= REQUIRED WORK =
Starting at the line containing "let low = words::head(word);" and ending at the line containing "rule is the next", print every line of the material below exactly, both ends included, and stop there.

** Opening EXTRACTED DATA block **

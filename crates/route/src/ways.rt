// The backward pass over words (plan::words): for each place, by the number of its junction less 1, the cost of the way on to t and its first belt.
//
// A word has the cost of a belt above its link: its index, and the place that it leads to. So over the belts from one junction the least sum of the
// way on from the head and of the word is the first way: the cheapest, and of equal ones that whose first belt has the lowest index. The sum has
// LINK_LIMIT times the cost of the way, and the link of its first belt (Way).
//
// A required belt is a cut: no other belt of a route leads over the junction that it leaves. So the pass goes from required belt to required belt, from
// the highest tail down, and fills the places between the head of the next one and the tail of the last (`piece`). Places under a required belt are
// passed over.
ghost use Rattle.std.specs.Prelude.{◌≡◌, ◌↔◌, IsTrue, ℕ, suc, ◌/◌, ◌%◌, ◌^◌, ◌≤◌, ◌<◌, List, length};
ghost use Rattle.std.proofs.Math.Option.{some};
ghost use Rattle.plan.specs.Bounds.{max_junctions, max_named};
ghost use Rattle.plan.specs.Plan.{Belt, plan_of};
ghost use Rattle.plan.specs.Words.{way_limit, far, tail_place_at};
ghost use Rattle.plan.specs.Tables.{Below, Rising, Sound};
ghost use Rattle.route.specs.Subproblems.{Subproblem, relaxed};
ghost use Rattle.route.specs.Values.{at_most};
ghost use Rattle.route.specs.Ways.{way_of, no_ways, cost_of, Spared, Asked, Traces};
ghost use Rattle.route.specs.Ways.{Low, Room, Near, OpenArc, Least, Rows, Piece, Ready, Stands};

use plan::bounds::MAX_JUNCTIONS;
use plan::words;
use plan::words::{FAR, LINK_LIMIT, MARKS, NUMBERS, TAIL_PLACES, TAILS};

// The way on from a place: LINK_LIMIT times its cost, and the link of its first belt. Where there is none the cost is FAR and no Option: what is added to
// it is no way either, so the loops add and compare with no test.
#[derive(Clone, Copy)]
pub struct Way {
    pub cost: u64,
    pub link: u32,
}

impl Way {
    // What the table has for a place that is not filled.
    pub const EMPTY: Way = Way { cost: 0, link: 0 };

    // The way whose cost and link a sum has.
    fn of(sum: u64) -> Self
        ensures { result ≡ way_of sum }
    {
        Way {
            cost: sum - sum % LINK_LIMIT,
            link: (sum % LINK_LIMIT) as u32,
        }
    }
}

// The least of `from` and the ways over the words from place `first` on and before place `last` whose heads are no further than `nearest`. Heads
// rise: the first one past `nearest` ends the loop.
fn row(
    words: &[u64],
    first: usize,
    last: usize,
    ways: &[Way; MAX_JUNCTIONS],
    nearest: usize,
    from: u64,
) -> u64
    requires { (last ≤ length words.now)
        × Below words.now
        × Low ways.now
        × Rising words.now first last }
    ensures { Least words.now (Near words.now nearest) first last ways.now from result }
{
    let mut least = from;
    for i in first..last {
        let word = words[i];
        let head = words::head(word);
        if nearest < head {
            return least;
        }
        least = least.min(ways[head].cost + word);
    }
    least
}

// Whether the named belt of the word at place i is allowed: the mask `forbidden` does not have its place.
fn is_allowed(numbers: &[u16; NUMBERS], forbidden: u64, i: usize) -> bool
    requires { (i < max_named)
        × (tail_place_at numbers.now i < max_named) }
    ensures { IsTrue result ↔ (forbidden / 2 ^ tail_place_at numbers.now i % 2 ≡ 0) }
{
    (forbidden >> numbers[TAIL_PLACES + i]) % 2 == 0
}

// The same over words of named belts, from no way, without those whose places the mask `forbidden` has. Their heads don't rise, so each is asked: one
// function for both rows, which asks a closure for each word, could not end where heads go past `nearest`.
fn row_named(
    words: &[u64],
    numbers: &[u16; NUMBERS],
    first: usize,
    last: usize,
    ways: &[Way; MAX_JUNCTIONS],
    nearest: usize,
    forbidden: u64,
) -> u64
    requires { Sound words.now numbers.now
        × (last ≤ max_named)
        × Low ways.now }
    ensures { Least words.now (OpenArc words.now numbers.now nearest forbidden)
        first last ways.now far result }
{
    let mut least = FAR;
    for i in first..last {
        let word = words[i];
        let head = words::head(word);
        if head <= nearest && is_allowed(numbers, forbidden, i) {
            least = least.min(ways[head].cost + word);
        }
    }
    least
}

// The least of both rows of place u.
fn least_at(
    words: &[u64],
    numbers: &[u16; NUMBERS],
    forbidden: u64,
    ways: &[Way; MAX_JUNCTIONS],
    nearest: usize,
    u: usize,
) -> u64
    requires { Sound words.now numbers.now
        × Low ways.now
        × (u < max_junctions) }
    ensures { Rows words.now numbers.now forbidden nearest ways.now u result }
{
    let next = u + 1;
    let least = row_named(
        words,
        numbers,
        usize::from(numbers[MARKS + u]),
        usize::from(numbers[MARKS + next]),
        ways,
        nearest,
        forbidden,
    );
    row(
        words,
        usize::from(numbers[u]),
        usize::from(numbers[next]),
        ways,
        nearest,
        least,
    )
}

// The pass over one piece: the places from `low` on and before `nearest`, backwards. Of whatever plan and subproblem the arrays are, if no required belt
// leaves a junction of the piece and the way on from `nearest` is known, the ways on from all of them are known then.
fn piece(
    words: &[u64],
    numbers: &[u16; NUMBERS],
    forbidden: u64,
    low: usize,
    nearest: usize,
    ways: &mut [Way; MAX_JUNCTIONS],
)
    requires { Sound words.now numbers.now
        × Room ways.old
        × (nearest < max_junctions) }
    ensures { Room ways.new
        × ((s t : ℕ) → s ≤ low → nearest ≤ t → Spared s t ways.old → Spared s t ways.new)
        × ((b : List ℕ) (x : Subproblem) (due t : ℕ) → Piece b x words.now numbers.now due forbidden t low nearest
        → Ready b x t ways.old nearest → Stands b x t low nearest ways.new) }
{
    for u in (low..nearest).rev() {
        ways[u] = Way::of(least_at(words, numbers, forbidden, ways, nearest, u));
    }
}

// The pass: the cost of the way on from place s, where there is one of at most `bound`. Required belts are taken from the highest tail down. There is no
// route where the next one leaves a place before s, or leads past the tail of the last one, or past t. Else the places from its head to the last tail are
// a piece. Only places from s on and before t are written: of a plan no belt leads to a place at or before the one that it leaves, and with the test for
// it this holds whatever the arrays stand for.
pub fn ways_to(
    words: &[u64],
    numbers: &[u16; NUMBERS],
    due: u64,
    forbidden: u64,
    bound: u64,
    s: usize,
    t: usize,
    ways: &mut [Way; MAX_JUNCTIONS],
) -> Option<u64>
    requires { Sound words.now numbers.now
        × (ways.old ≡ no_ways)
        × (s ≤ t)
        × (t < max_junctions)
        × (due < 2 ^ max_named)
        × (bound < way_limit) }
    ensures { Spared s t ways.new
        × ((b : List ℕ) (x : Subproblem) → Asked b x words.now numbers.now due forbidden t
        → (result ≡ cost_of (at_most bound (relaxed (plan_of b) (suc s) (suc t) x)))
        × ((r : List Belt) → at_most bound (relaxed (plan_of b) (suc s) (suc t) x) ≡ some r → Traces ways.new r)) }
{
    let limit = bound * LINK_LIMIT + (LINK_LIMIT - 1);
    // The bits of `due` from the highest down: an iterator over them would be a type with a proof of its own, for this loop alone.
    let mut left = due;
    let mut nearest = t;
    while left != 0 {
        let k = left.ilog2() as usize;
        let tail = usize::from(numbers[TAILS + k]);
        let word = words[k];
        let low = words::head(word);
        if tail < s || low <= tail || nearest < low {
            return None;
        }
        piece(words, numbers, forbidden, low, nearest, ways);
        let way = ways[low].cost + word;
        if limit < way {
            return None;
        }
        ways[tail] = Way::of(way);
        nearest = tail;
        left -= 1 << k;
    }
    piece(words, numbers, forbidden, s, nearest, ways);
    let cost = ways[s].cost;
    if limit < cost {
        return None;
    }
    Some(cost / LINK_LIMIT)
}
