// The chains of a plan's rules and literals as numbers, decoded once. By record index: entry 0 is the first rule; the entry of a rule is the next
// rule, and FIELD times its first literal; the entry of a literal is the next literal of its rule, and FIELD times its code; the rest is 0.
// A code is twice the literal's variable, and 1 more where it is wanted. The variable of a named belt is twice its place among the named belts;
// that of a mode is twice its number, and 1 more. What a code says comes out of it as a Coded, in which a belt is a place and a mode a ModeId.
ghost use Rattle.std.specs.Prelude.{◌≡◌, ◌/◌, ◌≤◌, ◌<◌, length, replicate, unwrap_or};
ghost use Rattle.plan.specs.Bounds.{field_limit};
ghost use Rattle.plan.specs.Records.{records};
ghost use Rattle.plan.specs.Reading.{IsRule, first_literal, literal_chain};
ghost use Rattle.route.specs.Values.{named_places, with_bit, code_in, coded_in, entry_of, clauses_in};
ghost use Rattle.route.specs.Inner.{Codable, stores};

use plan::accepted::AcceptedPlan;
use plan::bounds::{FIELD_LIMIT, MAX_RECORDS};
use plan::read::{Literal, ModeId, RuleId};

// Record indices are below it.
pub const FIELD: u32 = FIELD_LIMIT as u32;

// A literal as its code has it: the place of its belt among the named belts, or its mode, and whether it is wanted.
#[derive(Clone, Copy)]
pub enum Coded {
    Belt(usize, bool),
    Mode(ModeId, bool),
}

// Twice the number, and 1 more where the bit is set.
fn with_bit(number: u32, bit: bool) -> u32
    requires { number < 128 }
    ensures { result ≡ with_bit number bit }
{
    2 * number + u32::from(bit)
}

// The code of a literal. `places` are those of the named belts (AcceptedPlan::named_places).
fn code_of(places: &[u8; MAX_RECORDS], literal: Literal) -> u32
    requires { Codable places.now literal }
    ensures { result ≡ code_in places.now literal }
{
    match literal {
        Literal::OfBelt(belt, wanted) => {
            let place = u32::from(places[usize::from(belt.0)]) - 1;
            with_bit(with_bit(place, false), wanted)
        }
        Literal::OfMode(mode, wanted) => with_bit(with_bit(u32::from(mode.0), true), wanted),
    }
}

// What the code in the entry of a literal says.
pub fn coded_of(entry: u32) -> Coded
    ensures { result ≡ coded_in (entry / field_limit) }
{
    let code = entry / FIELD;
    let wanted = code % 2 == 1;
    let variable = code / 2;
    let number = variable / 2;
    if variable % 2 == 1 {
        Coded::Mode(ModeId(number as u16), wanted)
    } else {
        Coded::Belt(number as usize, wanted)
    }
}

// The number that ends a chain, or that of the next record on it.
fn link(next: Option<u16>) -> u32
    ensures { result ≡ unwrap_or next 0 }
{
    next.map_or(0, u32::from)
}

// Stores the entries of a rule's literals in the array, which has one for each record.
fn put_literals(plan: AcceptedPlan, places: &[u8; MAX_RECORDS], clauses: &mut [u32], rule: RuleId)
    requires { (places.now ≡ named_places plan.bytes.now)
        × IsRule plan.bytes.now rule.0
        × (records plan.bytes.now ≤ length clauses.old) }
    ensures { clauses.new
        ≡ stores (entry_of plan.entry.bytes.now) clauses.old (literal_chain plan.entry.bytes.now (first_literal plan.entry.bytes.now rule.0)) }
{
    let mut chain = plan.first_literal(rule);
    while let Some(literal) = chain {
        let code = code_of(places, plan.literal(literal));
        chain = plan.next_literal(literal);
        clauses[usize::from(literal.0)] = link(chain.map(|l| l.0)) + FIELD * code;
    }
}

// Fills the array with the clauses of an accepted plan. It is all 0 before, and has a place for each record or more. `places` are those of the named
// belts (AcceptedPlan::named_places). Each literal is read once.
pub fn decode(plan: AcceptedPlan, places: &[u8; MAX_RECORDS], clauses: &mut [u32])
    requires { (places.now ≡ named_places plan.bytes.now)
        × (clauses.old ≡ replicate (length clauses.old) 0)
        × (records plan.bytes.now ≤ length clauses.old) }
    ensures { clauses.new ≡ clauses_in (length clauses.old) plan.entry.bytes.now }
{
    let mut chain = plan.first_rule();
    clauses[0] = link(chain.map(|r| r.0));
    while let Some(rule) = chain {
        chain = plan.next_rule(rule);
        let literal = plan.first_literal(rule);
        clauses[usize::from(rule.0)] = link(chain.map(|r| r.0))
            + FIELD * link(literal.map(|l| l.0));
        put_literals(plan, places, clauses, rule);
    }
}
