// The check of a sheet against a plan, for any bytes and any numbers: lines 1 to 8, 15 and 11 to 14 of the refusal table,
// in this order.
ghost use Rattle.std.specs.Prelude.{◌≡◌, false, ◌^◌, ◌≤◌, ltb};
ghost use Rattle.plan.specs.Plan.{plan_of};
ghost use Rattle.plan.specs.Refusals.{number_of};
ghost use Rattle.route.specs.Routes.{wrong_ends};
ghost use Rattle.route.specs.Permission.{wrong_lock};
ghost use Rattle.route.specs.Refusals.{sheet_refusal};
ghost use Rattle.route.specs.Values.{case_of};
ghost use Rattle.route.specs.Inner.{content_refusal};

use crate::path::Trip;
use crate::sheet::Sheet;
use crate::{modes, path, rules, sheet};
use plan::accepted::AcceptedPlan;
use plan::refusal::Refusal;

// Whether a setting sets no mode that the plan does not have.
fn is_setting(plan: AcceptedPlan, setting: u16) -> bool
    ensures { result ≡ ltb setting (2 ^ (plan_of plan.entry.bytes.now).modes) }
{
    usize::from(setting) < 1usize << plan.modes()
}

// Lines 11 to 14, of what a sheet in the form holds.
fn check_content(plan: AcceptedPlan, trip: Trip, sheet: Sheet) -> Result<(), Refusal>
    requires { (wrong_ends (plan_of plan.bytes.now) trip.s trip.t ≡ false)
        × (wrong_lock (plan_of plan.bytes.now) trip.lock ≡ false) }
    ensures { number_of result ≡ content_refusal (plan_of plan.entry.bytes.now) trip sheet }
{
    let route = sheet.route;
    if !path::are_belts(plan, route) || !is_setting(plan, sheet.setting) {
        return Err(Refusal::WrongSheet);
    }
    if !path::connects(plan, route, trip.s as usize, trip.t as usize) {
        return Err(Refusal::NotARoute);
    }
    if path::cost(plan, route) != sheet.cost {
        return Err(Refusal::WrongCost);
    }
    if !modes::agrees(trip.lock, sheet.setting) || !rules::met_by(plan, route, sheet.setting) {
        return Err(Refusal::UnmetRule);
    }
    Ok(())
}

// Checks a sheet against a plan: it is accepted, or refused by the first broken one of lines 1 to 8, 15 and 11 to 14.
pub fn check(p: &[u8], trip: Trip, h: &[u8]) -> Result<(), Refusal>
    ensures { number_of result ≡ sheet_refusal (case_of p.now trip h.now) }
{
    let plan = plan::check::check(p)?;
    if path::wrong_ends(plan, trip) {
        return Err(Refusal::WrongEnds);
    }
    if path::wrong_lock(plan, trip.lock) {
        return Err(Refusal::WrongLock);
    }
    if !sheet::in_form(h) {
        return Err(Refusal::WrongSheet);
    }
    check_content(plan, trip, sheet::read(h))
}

** Closing EXTRACTED DATA block **

= RESULT OF THIS EXERCISE =
        let low = words::head(word);
        if tail < s || low <= tail || nearest < low {
            return None;
        }
        piece(words, numbers, forbidden, low, nearest, ways);
        let way = ways[low].cost + word;
        if limit < way {
            return None;
        }
        ways[tail] = Way::of(way);
        nearest = tail;
        left -= 1 << k;
    }
    piece(words, numbers, forbidden, s, nearest, ways);
    let cost = ways[s].cost;
    if limit < cost {
        return None;
    }
    Some(cost / LINK_LIMIT)
}
// The chains of a plan's rules and literals as numbers, decoded once. By record index: entry 0 is the first rule; the entry of a rule is the next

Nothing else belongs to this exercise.